[Stored data]
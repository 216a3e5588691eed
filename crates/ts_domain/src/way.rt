//! A way over ranges.

ghost use Rattle.std.specs.Prelude.{◌≡◌, ℕ, neg_ℤ, slice_get, Some, IfSome};
ghost use Rattle.ts_base.specs.Limits.{greatest_value};
ghost use Rattle.ts_domain.specs.Pieces.{IsPiece, values_in};
ghost use Rattle.ts_domain.specs.Values.{RangesFrom, values_of};
ghost use Rattle.ts_domain.specs.Ways.{IsWay};

use crate::interval::Interval;
use crate::lookup::ended_below;

/// The numbers from `next` to `last`, and after them those of the ranges `rest` up to `limit`.
#[derive(Clone, Copy)]
pub(crate) struct Way<'a> {
    pub(crate) next: i64,
    pub(crate) last: i64,
    pub(crate) rest: &'a [Interval],
    pub(crate) limit: i64,
}

/// The way over a piece from one of its numbers on, which is searched for.
pub(crate) fn way_at<'a>(ranges: &'a [Interval], piece: Interval, v: i64) -> Option<Way<'a>>
    requires apart { RangesFrom (neg_ℤ greatest_value) ranges.now }
    requires piece { IsPiece (values_of ranges.now) piece }
    ensures { (i : ℕ) → slice_get (values_in (values_of ranges.now) piece) i ≡ Some v →
        IfSome result (IsWay (values_in (values_of ranges.now) piece) i) }
{
    let at = ended_below(ranges, v);
    match &ranges[at..] {
        [first, rest @ ..] => Some(Way {
            next: v,
            last: first.high.min(piece.high),
            rest,
            limit: piece.high,
        }),
        [] => None,
    }
}
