//! The union of ranges that may come in any order and overlap.

ghost use Rattle.std.specs.Prelude.{◌≡◌, ◌<◌, ◌≤◌, ◌↔◌, ℤ, neg_ℤ, ◌⊎◌};
ghost use Rattle.std.specs.Prelude.{[], length, IsTrue, IfOk, All, Contains, int_lt};
ghost use Rattle.std.specs.List.{list_any, zip};
ghost use Rattle.ts_base.specs.Limits.{greatest_value};
ghost use Rattle.ts_domain.specs.Union.{SomeEmpty, InSome, IsUsable, LowsRise, intervals_of};
ghost use Rattle.ts_domain.specs.Values.{values_of, AreRanges};

use crate::interval::Interval;
use smallvec::SmallVec;
use std::alloc::Global;
use ts_base::Memory;

/// Whether some low is above its high.
fn has_empty(lows: &[i64], highs: &[i64]) -> bool
    ensures { result ≡ list_any (λ p. int_lt p.1 p.0) (zip lows.now highs.now) }
{
    lows.iter().zip(highs).any(|(low, high)| low > high)
}

/// Whether there is no range, or some low is above its high.
pub(crate) fn has_no_union(lows: &[i64], highs: &[i64]) -> bool
    requires { length lows.now ≡ length highs.now }
    ensures { IsTrue result ↔ ((lows.now ≡ []) ⊎ SomeEmpty lows.now highs.now) }
{
    lows.is_empty() || has_empty(lows, highs)
}

/// The two lists as one list of ranges.
pub(crate) fn ranges_of(alloc: Global, lows: &[i64], highs: &[i64]) -> Result<Vec<Interval>, Memory>
    ensures { IfOk result (λ v. v.items ≡ intervals_of lows.now highs.now) }
{
    let ranges = lows
        .iter()
        .zip(highs)
        .map(|(low, high)| Interval {
            low: *low,
            high: *high,
        })
        .collect(alloc)?;
    Ok(ranges)
}

/// The ranges by rising lows, in the same memory.
fn sorted_ranges(ranges: Vec<Interval>) -> Vec<Interval>
    requires { All IsUsable ranges.items }
    ensures sorted { LowsRise (neg_ℤ greatest_value) result.items }
    ensures same { (v : ℤ) → InSome result.items v ↔ InSome ranges.items v }
    ensures len { length result.items ≡ length ranges.items }
{
    let mut sorted = ranges;
    sorted.as_mut_slice().sort_unstable();
    sorted
}

/// How many ranges are left of those that come by rising lows when they are joined.
fn joined_count(sorted: &[Interval]) -> usize
    ensures { result ≤ length sorted.now }
{
    let mut count = 0;
    let mut high = i64::MIN;
    for next in sorted {
        if next.low > high.saturating_add(1) {
            count += 1;
        }
        high = high.max(next.high);
    }
    count
}

/// The union of ranges that come by rising lows: each is joined with the last one where no gap lies between them. Its
/// memory is as large as it has to be, however many ranges are joined.
pub(crate) fn joined(alloc: Global, sorted: &[Interval]) -> Result<SmallVec<Interval, 2>, Memory>
    requires some { 0 < length sorted.now }
    requires sorted { LowsRise (neg_ℤ greatest_value) sorted.now }
    ensures union { IfOk result (λ ranges. (v : ℤ) → Contains (values_of ranges.items) v ↔ InSome sorted.now v) }
    ensures apart { IfOk result (λ ranges. AreRanges ranges.items) }
{
    let mut ranges = SmallVec::with_capacity(alloc, joined_count(sorted))?;
    let mut last = sorted[0];
    for next in sorted {
        if next.low <= last.high + 1 {
            last.high = last.high.max(next.high);
        } else {
            ranges.push(last)?;
            last = *next;
        }
    }
    ranges.push(last)?;
    Ok(ranges)
}

/// The union of ranges, none of them empty or beyond the limits. Their own memory is given back before it returns.
pub(crate) fn union_of(
    alloc: Global,
    ranges: Vec<Interval>,
) -> Result<SmallVec<Interval, 2>, Memory>
    requires some { 0 < length ranges.items }
    requires usable { All IsUsable ranges.items }
    ensures union { IfOk result (λ union. (v : ℤ) → Contains (values_of union.items) v ↔ InSome ranges.items v) }
    ensures apart { IfOk result (λ union. AreRanges union.items) }
{
    let sorted = sorted_ranges(ranges);
    joined(alloc, &sorted)
}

- _Activity_:
Copy word for word the stretch of entries above from the line that has "is searched for." through the line that has "i ≡ Some v →", both ends included, and nothing outside it.

- _The completed task_:
/// The way over a piece from one of its numbers on, which is searched for.
pub(crate) fn way_at<'a>(ranges: &'a [Interval], piece: Interval, v: i64) -> Option<Way<'a>>
    requires apart { RangesFrom (neg_ℤ greatest_value) ranges.now }
    requires piece { IsPiece (values_of ranges.now) piece }
    ensures { (i : ℕ) → slice_get (values_in (values_of ranges.now) piece) i ≡ Some v →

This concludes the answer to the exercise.